In the aftermath of getting a bad review from food critic Keith Lee, Nigel Douglas, the owner of The Real Milk and Honey, told a small conference room of people that he would serve big celebrities like Jay-Z and Beyoncé before he would serve regular, everyday customers.
One of Lee’s pet peeves with some establishments is that they give certain people seating privileges over others despite there being a line or reservations.
In his review of The Real Milk and Honey, he highlighted an inconvenience he faced when attempting to place an order over the phone. To exacerbate matters, when he tried to enter the restaurant for in-person ordering, he was surprised to find it closed early for “deep cleaning” despite other customers still collecting their orders.
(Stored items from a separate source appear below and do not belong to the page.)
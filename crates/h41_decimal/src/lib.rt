//! The ten-digit decimals of the HP-41. The results of operations are the exact values, rounded to ten digits, halves away from
//! zero.
#![tactic(auto)]

mod entry;
pub mod fault;
pub mod laws;
mod likely;
mod modulo;
pub mod parts;
pub mod places;
mod register;
mod rounding;
pub mod sign;
mod sizes;
pub mod ten;
mod whole;

pub use fault::DecimalFault;
pub use parts::{Exponent, Magnitude, Mantissa};
pub use places::Places;
pub use sign::Sign;
pub use ten::Ten;
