//! The remainder that is left if the quotient of two decimals is rounded down to a whole number, as MOD returns it.

ghost use Rattle.std.specs.Prelude.{◌≡◌, ◌+◌, ◌*◌, ◌%◌, ◌^◌, ◌<◌, ◌≤◌};
ghost use Rattle.h41_decimal.specs.Signs.{with_sign, opposite_of};
ghost use Rattle.h41_decimal.specs.Units.{size};
ghost use Rattle.h41_decimal.specs.Operations.{RoundsRest};

use crate::fault::DecimalFault;
use crate::parts::Magnitude;
use crate::rounding::{UNIT_SCALE, power_of_ten, round_whole};
use crate::sign::Sign;
use crate::sizes;
use crate::ten::Ten;

/// The greatest power of ten by which a remainder of up to ten digits is multiplied at once, so that the product fits
/// 64 bits.
const AT_ONCE: u32 = 9;

/// Returns y - x * floor(y / x), rounded to ten digits. The numbers y and x are given by their magnitudes and signs.
/// The result is zero or has the sign of x.
pub fn modulo(y_sign: Sign, y: Magnitude, x_sign: Sign, x: Magnitude) -> Result<Ten, DecimalFault>
    ensures { RoundsRest (with_sign y_sign (size y)) (with_sign x_sign (size x)) result }
{
    if x_sign == y_sign {
        rest_same(x_sign, y, x)
    } else {
        rest_apart(x_sign, y, x)
    }
}

/// Returns y - x * floor(y / x), rounded to ten digits, for a dividend y and a divisor x that both have the sign
/// `sign`. It is the remainder of the two magnitudes, with this sign.
fn rest_same(sign: Sign, y: Magnitude, x: Magnitude) -> Result<Ten, DecimalFault>
    ensures { RoundsRest (with_sign sign (size y)) (with_sign sign (size x)) result }
{
    if y.exponent.biased < x.exponent.biased {
        return Ok(Ten::Nonzero(sign, y));
    }
    let rest = remainder(y.mantissa.digits, y.steps() - x.steps(), x.mantissa.digits);
    if rest == 0 {
        return Ok(Ten::Zero);
    }
    round_whole(sign, rest, x.steps() + UNIT_SCALE)
}

/// Returns y - x * floor(y / x), rounded to ten digits, for a divisor x with the sign `sign` and a dividend y with the
/// other sign. It is x minus the remainder of the two magnitudes, or zero if that remainder is zero.
fn rest_apart(sign: Sign, y: Magnitude, x: Magnitude) -> Result<Ten, DecimalFault>
    ensures { RoundsRest (with_sign (opposite_of sign) (size y)) (with_sign sign (size x)) result }
{
    if y.exponent.biased < x.exponent.biased {
        return sizes::subtract(sign, x, y);
    }
    let rest = remainder(y.mantissa.digits, y.steps() - x.steps(), x.mantissa.digits);
    if rest == 0 {
        return Ok(Ten::Zero);
    }
    round_whole(sign, x.mantissa.digits - rest, x.steps() + UNIT_SCALE)
}

/// Returns the remainder of `number` * 10^`power` divided by `divisor`, which must be greater than zero and have at
/// most ten digits.
fn remainder(number: u64, power: u32, divisor: u64) -> u64
    requires some { 0 < divisor }
    requires divisor { divisor < 10 ^ 10 }
    ensures { result ≡ number * 10 ^ power % divisor }
{
    if power == 0 {
        return number % divisor;
    }
    let step = power.min(AT_ONCE);
    remainder(number % divisor * power_of_ten(step), power - step, divisor)
}
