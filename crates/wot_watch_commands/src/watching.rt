//! The `watch` commands, and the watch lines after each line. A watch's question is asked again only if what its answer
//! depends on may have changed: `wot_cache`'s `Basis` says so. Watches are kept by wot_watch.
ghost use Rattle.std.specs.Prelude.{◌≡◌, ◌≤◌, ◌+◌, [], None, true, IfOk, IfSome, OnErr, is_ok};
ghost use Rattle.std.specs.List.{AllByRecursion};
ghost use Rattle.wot_script.specs.Replies.{is_short};
ghost use Rattle.wot_keyring_spec.specs.Kept.{AreSortedByFpr};
ghost use Rattle.wot_cache.specs.Basis.{HasGrown, IsPresent};
ghost use Rattle.wot_cache.specs.Marks.{IsRefreshed};
ghost use Rattle.wot_cache.specs.State.{StaysButMarks, state_of};
ghost use Rattle.wot_plain.specs.declared.class.WatchCommand.TheVariants as commands;
ghost use Rattle.wot_plain.specs.Classes.{IsWatched};
ghost use Rattle.wot_plain.specs.Made.{WatchMakes, WatchMakesMarks, WatchesMake};
ghost use Rattle.wot_watch_commands.specs.Asked.{AmountsTo, BeginsFor, OpensFor, RestsOn};
ghost use Rattle.wot_watch_commands.specs.Settled.{AllSettled, AreOpen, AreSettled, IsSettled};
ghost use Rattle.wot_watch_commands.specs.Stale.{stale_in};
ghost use Rattle.wot_plain.specs.Watching.{AreLines, IsLine, IsWatchLine};
ghost use Rattle.wot_plain.specs.Watching.{SetsOver, SetsWatch, told_all, told_by};
ghost use Rattle.wot_plain.specs.Session.{Session, watched};

use std::alloc::Global;
use wot_cache::laws::{kept_on_is_order, rests_on};
use wot_cache::{AskFault, Asked, Basis, Engine};
use wot_plain::{Missing, Refused, WatchCommand, reply_to, reply_to_missing};
use wot_script::Reply;
use wot_types::{Memory, Steps, UserId, ViewName};
use wot_watch::{Watch, Watches};

/// Runs a command about the watch of this name. After `Memory` the watches are unchanged. `off` takes no memory.
pub fn watch(
    alloc: Global,
    engine: &mut Engine,
    steps: &mut Steps,
    watches: &mut Watches,
    name: &ViewName,
    command: &WatchCommand,
) -> Result<Reply, Memory>
    requires wanted { IsWatched command.now }
    ensures sets { IfOk result (λ reply.
        SetsOver engine.old watches.old name.now command.now reply watches.new) }
    ensures stays { StaysButMarks engine.old engine.new }
    ensures makes { WatchMakesMarks result command.now engine.old engine.new steps.old.made steps.new.made }
    ensures short { IfOk result (λ reply. is_short reply ≡ true) }
    ensures kept { OnErr result (watches.new ≡ watches.old) }
    ensures sure { command.now ≡ commands.Off → is_ok result ≡ true }
{
    match command {
        WatchCommand::On(view, target, wanted, uid) => {
            let asked = Asked {
                target,
                wanted: *wanted,
                uid: uid.octets(),
            };
            on(alloc, engine, steps, watches, name, view, &asked)
        }
        WatchCommand::Off => Ok(off(watches, name)),
    }
}

/// `watch W on V FPR N UID`: begins or restarts a watch, with its current amount as the reply. Refused if the view
/// isn't open, or if the number of watches is at its limit. After `Memory` the watches are unchanged.
pub fn on(
    alloc: Global,
    engine: &mut Engine,
    steps: &mut Steps,
    watches: &mut Watches,
    name: &ViewName,
    view: &ViewName,
    asked: &Asked<'_>,
) -> Result<Reply, Memory>
    requires wanted { 1 ≤ asked.now.wanted }
    ensures watching { IfOk result (λ reply.
        OpensFor engine.old watches.old name.now view.now asked.now reply watches.new) }
    ensures stays { StaysButMarks engine.old engine.new }
    ensures refreshed { IsRefreshed result view.now engine.old engine.new steps.old.made steps.new.made }
    ensures short { IfOk result (λ reply. is_short reply ≡ true) }
    ensures kept { OnErr result (watches.new ≡ watches.old) }
{
    match engine.ask(view, asked.target, asked.wanted, asked.uid, steps) {
        Ok(answer) => begin(alloc, watches, name, view, asked, answer.sum),
        Err(fault) => reply_to(Refused::from(fault)),
    }
}

/// Begins a watch with this first amount, or restarts it.
fn begin(
    alloc: Global,
    watches: &mut Watches,
    name: &ViewName,
    view: &ViewName,
    asked: &Asked<'_>,
    amount: u32,
) -> Result<Reply, Memory>
    ensures begins { IfOk result (λ reply.
        BeginsFor watches.old name.now view.now asked.now amount reply watches.new) }
    ensures short { IfOk result (λ reply. is_short reply ≡ true) }
    ensures kept { OnErr result (watches.new ≡ watches.old) }
{
    let shown = name.duplicate(alloc)?;
    let key = name.duplicate(alloc)?;
    let of_view = view.duplicate(alloc)?;
    let uid = UserId::new(alloc, asked.uid)?;
    match watches.put(
        key,
        Watch::new(of_view, *asked.target, asked.wanted, uid, amount),
    ) {
        Ok(()) => Ok(Reply::WatchAmount(shown, amount)),
        Err(fault) => reply_to(Refused::from(fault)),
    }
}

/// `watch W off`: removes a watch, or replies that there is none of this name. Takes no memory.
pub fn off(watches: &mut Watches, name: &ViewName) -> Reply
    ensures watching { (s : Session) → SetsWatch (watched s watches.old) name.now commands.Off result watches.new }
    ensures short { is_short result ≡ true }
{
    if watches.get(name).is_none() {
        return reply_to_missing(Missing::Watch);
    }
    let _was_there = watches.take(name);
    Reply::Done
}

/// The watch lines, by name of watch, none of which counts as reported yet. If there are none, all amounts depend on
/// the basis.
pub fn watch_lines(
    alloc: Global,
    engine: &mut Engine,
    steps: &mut Steps,
    watches: &Watches,
    basis: &mut Basis,
) -> Result<Vec<Reply>, Memory>
    requires present { IsPresent engine.old basis.old }
    ensures settled { IfOk result (λ lines. lines.items ≡ [] → AllSettled engine.new basis.new watches.now) }
    ensures lines { IfOk result (λ lines. AreLines (state_of engine.old) watches.now lines.items) }
    ensures each { IfOk result (λ lines. AllByRecursion IsWatchLine lines.items) }
    ensures makes { WatchesMake result watches.now engine.old engine.new steps.old.made steps.new.made }
    // Whichever watch has no answer, the signatures of a stale certificate count once for each view.
    ensures once { steps.new.made ≤ steps.old.made + stale_in engine.old watches.now }
    ensures stays { StaysButMarks engine.old engine.new }
    ensures never_less { steps.old.made ≤ steps.new.made }
{
    kept_on_is_order();
    rests_on();
    ordered(engine);
    let mut lines = Vec::new(alloc);
    let mut rest = watches.iter();
    'rest: while let Some((name, watch)) = rest.next() {
        if let Some(line) = watch_line(alloc, engine, steps, name, watch, basis)? {
            lines.push(line)?;
        }
    }
    Ok(lines)
}

/// A law: the certificates that an engine keeps are sorted, so each is kept once.
fn ordered(engine: &Engine)
    ensures sorted { AreSortedByFpr engine.now.keyring.certs }
{
    let _ = engine.keyring().len();
}

/// The line of a watch; None if its amount is the last one reported.
fn watch_line(
    alloc: Global,
    engine: &mut Engine,
    steps: &mut Steps,
    name: &ViewName,
    watch: &Watch,
    basis: &mut Basis,
) -> Result<Option<Reply>, Memory>
    requires present { IsPresent engine.old basis.old }
    ensures settled { IfOk result (λ line. line ≡ None → IsSettled engine.old basis.new watch.now) }
    ensures grown { HasGrown basis.old basis.new }
    ensures line { IfOk result (IsLine (state_of engine.old) name.now watch.now) }
    ensures makes { WatchMakes result watch.now engine.old engine.new steps.old.made steps.new.made }
    ensures stays { StaysButMarks engine.old engine.new }
    ensures never_less { steps.old.made ≤ steps.new.made }
{
    let target = watch.target();
    let asked = Asked {
        target: &target,
        wanted: watch.wanted(),
        uid: watch.uid(),
    };
    let amount = amount_of(engine, steps, watch.view(), &asked, basis)?;
    match amount {
        None => Ok(Some(Reply::WatchGone(name.duplicate(alloc)?))),
        Some(amount) => {
            if amount == watch.told() {
                return Ok(None);
            }
            Ok(Some(Reply::WatchAmount(name.duplicate(alloc)?, amount)))
        }
    }
}

/// The amount of the answer to a question from a view, on which the basis then depends; None if the view isn't open.
fn amount_of(
    engine: &mut Engine,
    steps: &mut Steps,
    view: &ViewName,
    asked: &Asked<'_>,
    basis: &mut Basis,
) -> Result<Option<u32>, Memory>
    requires present { IsPresent engine.old basis.old }
    ensures rests { IfOk result (λ sum. IfSome sum (λ n.
        1 ≤ asked.now.wanted → RestsOn engine.old basis.new view.now asked.now n)) }
    ensures nothing { IfOk result (λ sum. IfSome sum (λ n. asked.now.wanted ≡ 0 → n ≡ 0)) }
    ensures grown { HasGrown basis.old basis.new }
    ensures amount { IfOk result (AmountsTo engine.old view.now asked.now) }
    ensures asked { 1 ≤ asked.now.wanted →
        IsRefreshed result view.now engine.old engine.new steps.old.made steps.new.made }
    ensures unasked { asked.now.wanted ≡ 0 → (engine.new ≡ engine.old) × (steps.new.made ≡ steps.old.made) }
    ensures stays { StaysButMarks engine.old engine.new }
    ensures never_less { steps.old.made ≤ steps.new.made }
{
    // No command begins a watch that wants nothing.
    let wanted = asked.wanted;
    if wanted == 0 {
        return match engine.time(view) {
            Some(_) => Ok(Some(0)),
            None => Ok(None),
        };
    }
    match engine.sum(view, asked, steps, basis) {
        Ok(sum) => Ok(Some(sum)),
        Err(AskFault::View) => Ok(None),
        Err(AskFault::Memory) => Err(Memory),
    }
}

/// Whether it is known, without asking anything, that no watch has a line: nothing that the basis depends on was
/// altered, and all views are open.
pub fn are_settled(engine: &Engine, watches: &Watches, basis: &mut Option<Basis>) -> bool
    requires settled { AreSettled engine.now watches.now basis.old }
    ensures quiet { result ≡ true → AreLines (state_of engine.now) watches.now [] }
    ensures settled { AreSettled engine.now watches.now basis.new }
{
    kept_on_is_order();
    match basis {
        Some(basis) => engine.still_current(basis) && all_open(engine, watches),
        None => false,
    }
}

/// Whether the views of all watches are open.
fn all_open(engine: &Engine, watches: &Watches) -> bool
    ensures open { result ≡ true → AreOpen engine.now watches.now }
{
    let mut rest = watches.iter();
    'rest: while let Some((_, watch)) = rest.next() {
        if engine.time(watch.view()).is_none() {
            return false;
        }
    }
    true
}

/// Marks these watch lines as reported. Takes no memory.
pub fn tell_all(watches: &mut Watches, lines: &[Reply])
    ensures reported { watches.new ≡ told_all watches.old lines.now }
{
    let mut rest = lines;
    'rest: while let Some((line, others)) = rest.split_first() {
        tell_one(watches, line);
        rest = others;
    }
}

/// Marks this watch line as reported.
fn tell_one(watches: &mut Watches, line: &Reply)
    ensures reported { watches.new ≡ told_by watches.old line.now }
{
    match line {
        Reply::WatchAmount(name, amount) => {
            let _ = watches.tell(name, *amount);
        }
        Reply::WatchGone(name) => {
            let _ = watches.take(name);
        }
        _ => {}
    }
}
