//! The random words: SplitMix64 of rand_xoshiro, with a count of the words drawn. The count lets
//! contracts name each word by its number.
ghost use Rattle.std.specs.Prelude.{◌≡◌, ◌+◌, ◌<◌, ◌^◌};
ghost use Rattle.wot_random.specs.Words.{state_after, word};

use rand_core::SeedableRng;
use rand_core::utils::NextWord;
use rand_xoshiro::SplitMix64;

/// The words of SplitMix64 from a start on.
#[derive(Drop)]
pub struct Words {
    generator: SplitMix64,
    /// The eight octets of the generator's seed, as a little-endian number.
    pub start: u64,
    /// How many words were drawn.
    pub drawn: u64,
    ghost in_place: { generator ≡ state_after start drawn },
}

impl Words {
    /// A generator from which no word was drawn.
    #[tactic(auto, unfolding(crate::specs::Words::state_after))]
    pub fn new(start: u64) -> Words
        ensures start { result.start ≡ start }
        ensures none { result.drawn ≡ 0 }
    {
        Words {
            generator: SplitMix64::seed_from_u64(start),
            start,
            drawn: 0,
        }
    }

    /// Draws the next word.
    pub fn draw(&mut self) -> u64
        requires { self.old.drawn < 2 ^ 63 }
        ensures word { result ≡ word self.old.start self.old.drawn }
        ensures start { self.new.start ≡ self.old.start }
        ensures drawn { self.new.drawn ≡ self.old.drawn + 1 }
    {
        let drawn = self.generator.next_word();
        self.drawn += 1;
        drawn
    }
}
Although the staff was courteous, the confusing policies prompted his decision to leave. Interestingly, as he was exiting, a restaurant staff member recognized him and tried to dissuade him from leaving by offering special treatment — an approach that Lee finds disagreeable in any context. Despite the gesture, he politely declined and later referenced this encounter in his less-than-favorable review.
During the town hall meeting with 50 people present, Douglas sat on a panel with Bella Jones, Jason Bass, Frank Ski and Zackary Kirk to talk about the food and entertainment industry. One subject he touched on was Lee’s issue with celebrities and influencers being given special treatment, saying it really comes down to business.
“A celebrity is a celebrity,” the restauranteur said. “No matter where you go. No matter what town you land in. If you got 14 million followers, you’re a celebrity.”
He added, “If Jay-Z and Beyoncé … now I love all y’all, right? But If Jay-Z and Beyoncé walk into my restaurant, all 50 of y’all get left outside. I mean, you gotta be honest with it. And y’all gonna be mad at that?”
He explained that celebrities have people looking at them and following their every move, and the type of publicity that they get from a celebrity dining at their eatery is more valuable than any press release his team could write.
Bass, while saying he didn’t want to “touch on that,” agreed. He said, “It’s difficult to turn down an opportunity that an influential person” brings to his restaurant.
Kirk chimed in adding, “Jay-Z and Beyoncé will drive business,” but he also said so will a Michelin star and that there has to be a balance that respects the loyal customer, saying if you focus on just the celebrities, “you’re setting yourself up … to fail.”
“You have to treat every customer like they are somebody,” Kirk said.
Kirk’s opinion of treating everyone a certain way mirrors what Lee threads into most of his reviews — the importance of respecting the customer’s dollar and choice to dine with the restaurant.
Lee explained this was his issue when he reviewed Kandi Burruss’ restaurant, the Old Lady Gang, on Oct. 28.
Lee deliberately sent his family to the establishment to prevent them from receiving preferential treatment. Consequently, staffers told them that the wait for seating could extend up to an hour and a half because they didn’t have reservations.
At this point, Lee entered OLG and was immediately recognized. People started to take pictures with him, and after a while, a staff member informed him that the business could service him and he would be seated within five minutes. He knew his star power made the difference.
“As always, I don’t want any special treatment. I want to be treated like everybody else. I pay for my food like everybody else. I’m a normal person. I’m a normal customer,” Lee said.
Lee opted not to be seated and, instead, shared with the staff member that he had lost interest in dining at the establishment.